* _WHAT IS NEEDED_: Please reproduce the full set of data below exactly.

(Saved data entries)
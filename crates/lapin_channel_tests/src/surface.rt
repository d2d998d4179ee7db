//! An event that a line names, made by the public call that it is about.

use crate::calling::{called, refused};
use lapin_session::{Consumer, Heard, PublisherConfirm, Session, Ticket};
use lapin_types::{AckerCall, Error, Event, Frame, Poll, Record};
use std::alloc::Global;

/// Makes the event by its own call, and tells its record.
pub fn made(alloc: Global, session: &mut Session, event: Event) -> Result<Record, Error> {
    match event {
        Event::Call(channel, call) => called(alloc, session, channel, call),
        Event::Next(flow) => next(alloc, session, flow),
        Event::Receive(frame) => received(alloc, session, frame),
        Event::PollTicket(number) => Ok(ticket(session, number)),
        Event::PollConfirm(number) => Ok(confirm(session, number)),
        Event::PollConsumer(number) => Ok(consumer(session, number)),
        Event::PollWait(channel) => wait(alloc, session, channel),
        Event::AsideTicket(number) => aside(Ticket { number }.set_aside(session)),
        Event::AsideConfirm(number) => aside(PublisherConfirm { number }.set_aside(alloc, session)),
        Event::State(channel) => Ok(Record::State(
            session.connection_state(),
            session.channel_state(channel),
        )),
        Event::Lost => match session.lost(alloc) {
            Ok(()) => Ok(Record::Lost),
            Err(_) => Err(Error::NoMemory),
        },
        Event::Acker(number, call) => acker(alloc, session, number, call),
        Event::Delegate(number) => delegate(alloc, session, number),
        Event::DropConsumer(number) => let_go(alloc, session, number),
        Event::NextJob => Ok(match session.next_job() {
            Some(job) => Record::Job(job),
            None => Record::NoJob,
        }),
    }
}

fn next(alloc: Global, session: &mut Session, flow: bool) -> Result<Record, Error> {
    match session.next_frame(alloc, flow)? {
        Some(left) => Ok(Record::Frame(left.frame)),
        None => Ok(Record::NoFrame),
    }
}

fn received(alloc: Global, session: &mut Session, frame: Frame) -> Result<Record, Error> {
    match session.receive(alloc, frame) {
        Ok(Heard::Received) => Ok(Record::Received),
        Ok(Heard::Passed) => Ok(Record::Passed),
        Err(error) => refused(error),
    }
}

fn ticket(session: &mut Session, number: u64) -> Record {
    match (Ticket { number }).poll(session) {
        Ok(Poll::Ready(answer)) => Record::Answer(answer),
        Ok(Poll::Pending) => Record::Pending,
        Err(error) => Record::Refused(error),
    }
}

fn confirm(session: &mut Session, number: u64) -> Record {
    match (PublisherConfirm { number }).poll(session) {
        Ok(Poll::Ready(outcome)) => Record::Confirmed(outcome),
        Ok(Poll::Pending) => Record::Pending,
        Err(error) => Record::Refused(error),
    }
}

fn consumer(session: &mut Session, number: u64) -> Record {
    match (Consumer { number }).poll_next(session) {
        Ok(Poll::Ready(item)) => Record::Item(item),
        Ok(Poll::Pending) => Record::Pending,
        Err(error) => Record::Refused(error),
    }
}

fn wait(alloc: Global, session: &mut Session, channel: u16) -> Result<Record, Error> {
    match session.wait_for_confirms(alloc, channel)? {
        Poll::Ready(messages) => Ok(Record::Returned(messages)),
        Poll::Pending => Ok(Record::Pending),
    }
}

fn aside(answer: Result<(), Error>) -> Result<Record, Error> {
    match answer {
        Ok(()) => Ok(Record::Aside),
        Err(error) => refused(error),
    }
}

fn acker(
    alloc: Global,
    session: &mut Session,
    number: u64,
    call: AckerCall,
) -> Result<Record, Error> {
    match session.acker_call(alloc, number, call) {
        Ok(Some(ticket)) => Ok(Record::Ticket(ticket.number)),
        Ok(None) => Ok(Record::No),
        Err(error) => refused(error),
    }
}

// Each of the two names of the call is taken once: the consumer's for one that was given, the session's for any other.
fn delegate(alloc: Global, session: &mut Session, number: u64) -> Result<Record, Error> {
    let answer = if session.consumers().channel(number).is_some() {
        Consumer { number }.set_delegate(alloc, session)
    } else {
        session.set_delegate(alloc, number)
    };
    match answer {
        Ok(()) => Ok(Record::Delegated),
        Err(error) => refused(error),
    }
}

fn let_go(alloc: Global, session: &mut Session, number: u64) -> Result<Record, Error> {
    let answer = if session.consumers().registered(number) {
        Consumer { number }.close(alloc, session)
    } else {
        session.close_consumer(alloc, number)
    };
    match answer {
        Ok(canceled) => Ok(Record::Dropped(canceled)),
        Err(error) => refused(error),
    }
}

* _TASK RESPONSE_:
filename crates/lapin_channel_tests/src/surface.rt
repository d2d998d4179ee7db
//! An event that a line names, made by the public call that it is about.

use crate::calling::{called, refused};
use lapin_session::{Consumer, Heard, PublisherConfirm, Session, Ticket};
use lapin_types::{AckerCall, Error, Event, Frame, Poll, Record};
use std::alloc::Global;

/// Makes the event by its own call, and tells its record.
pub fn made(alloc: Global, session: &mut Session, event: Event) -> Result<Record, Error> {
    match event {
        Event::Call(channel, call) => called(alloc, session, channel, call),
        Event::Next(flow) => next(alloc, session, flow),
        Event::Receive(frame) => received(alloc, session, frame),
        Event::PollTicket(number) => Ok(ticket(session, number)),
        Event::PollConfirm(number) => Ok(confirm(session, number)),
        Event::PollConsumer(number) => Ok(consumer(session, number)),
        Event::PollWait(channel) => wait(alloc, session, channel),
        Event::AsideTicket(number) => aside(Ticket { number }.set_aside(session)),
        Event::AsideConfirm(number) => aside(PublisherConfirm { number }.set_aside(alloc, session)),
        Event::State(channel) => Ok(Record::State(
            session.connection_state(),
            session.channel_state(channel),
        )),
        Event::Lost => match session.lost(alloc) {
            Ok(()) => Ok(Record::Lost),
            Err(_) => Err(Error::NoMemory),
        },
        Event::Acker(number, call) => acker(alloc, session, number, call),
        Event::Delegate(number) => delegate(alloc, session, number),
        Event::DropConsumer(number) => let_go(alloc, session, number),
        Event::NextJob => Ok(match session.next_job() {
            Some(job) => Record::Job(job),
            None => Record::NoJob,
        }),
    }
}

fn next(alloc: Global, session: &mut Session, flow: bool) -> Result<Record, Error> {
    match session.next_frame(alloc, flow)? {
        Some(left) => Ok(Record::Frame(left.frame)),
        None => Ok(Record::NoFrame),
    }
}

fn received(alloc: Global, session: &mut Session, frame: Frame) -> Result<Record, Error> {
    match session.receive(alloc, frame) {
        Ok(Heard::Received) => Ok(Record::Received),
        Ok(Heard::Passed) => Ok(Record::Passed),
        Err(error) => refused(error),
    }
}

fn ticket(session: &mut Session, number: u64) -> Record {
    match (Ticket { number }).poll(session) {
        Ok(Poll::Ready(answer)) => Record::Answer(answer),
        Ok(Poll::Pending) => Record::Pending,
        Err(error) => Record::Refused(error),
    }
}

fn confirm(session: &mut Session, number: u64) -> Record {
    match (PublisherConfirm { number }).poll(session) {
        Ok(Poll::Ready(outcome)) => Record::Confirmed(outcome),
        Ok(Poll::Pending) => Record::Pending,
        Err(error) => Record::Refused(error),
    }
}

fn consumer(session: &mut Session, number: u64) -> Record {
    match (Consumer { number }).poll_next(session) {
        Ok(Poll::Ready(item)) => Record::Item(item),
        Ok(Poll::Pending) => Record::Pending,
        Err(error) => Record::Refused(error),
    }
}

fn wait(alloc: Global, session: &mut Session, channel: u16) -> Result<Record, Error> {
    match session.wait_for_confirms(alloc, channel)? {
        Poll::Ready(messages) => Ok(Record::Returned(messages)),
        Poll::Pending => Ok(Record::Pending),
    }
}

fn aside(answer: Result<(), Error>) -> Result<Record, Error> {
    match answer {
        Ok(()) => Ok(Record::Aside),
        Err(error) => refused(error),
    }
}

fn acker(
    alloc: Global,
    session: &mut Session,
    number: u64,
    call: AckerCall,
) -> Result<Record, Error> {
    match session.acker_call(alloc, number, call) {
        Ok(Some(ticket)) => Ok(Record::Ticket(ticket.number)),
        Ok(None) => Ok(Record::No),
        Err(error) => refused(error),
    }
}

// Each of the two names of the call is taken once: the consumer's for one that was given, the session's for any other.
fn delegate(alloc: Global, session: &mut Session, number: u64) -> Result<Record, Error> {
    let answer = if session.consumers().channel(number).is_some() {
        Consumer { number }.set_delegate(alloc, session)
    } else {
        session.set_delegate(alloc, number)
    };
    match answer {
        Ok(()) => Ok(Record::Delegated),
        Err(error) => refused(error),
    }
}

fn let_go(alloc: Global, session: &mut Session, number: u64) -> Result<Record, Error> {
    let answer = if session.consumers().registered(number) {
        Consumer { number }.close(alloc, session)
    } else {
        session.close_consumer(alloc, number)
    };
    match answer {
        Ok(canceled) => Ok(Record::Dropped(canceled)),
        Err(error) => refused(error),
    }
}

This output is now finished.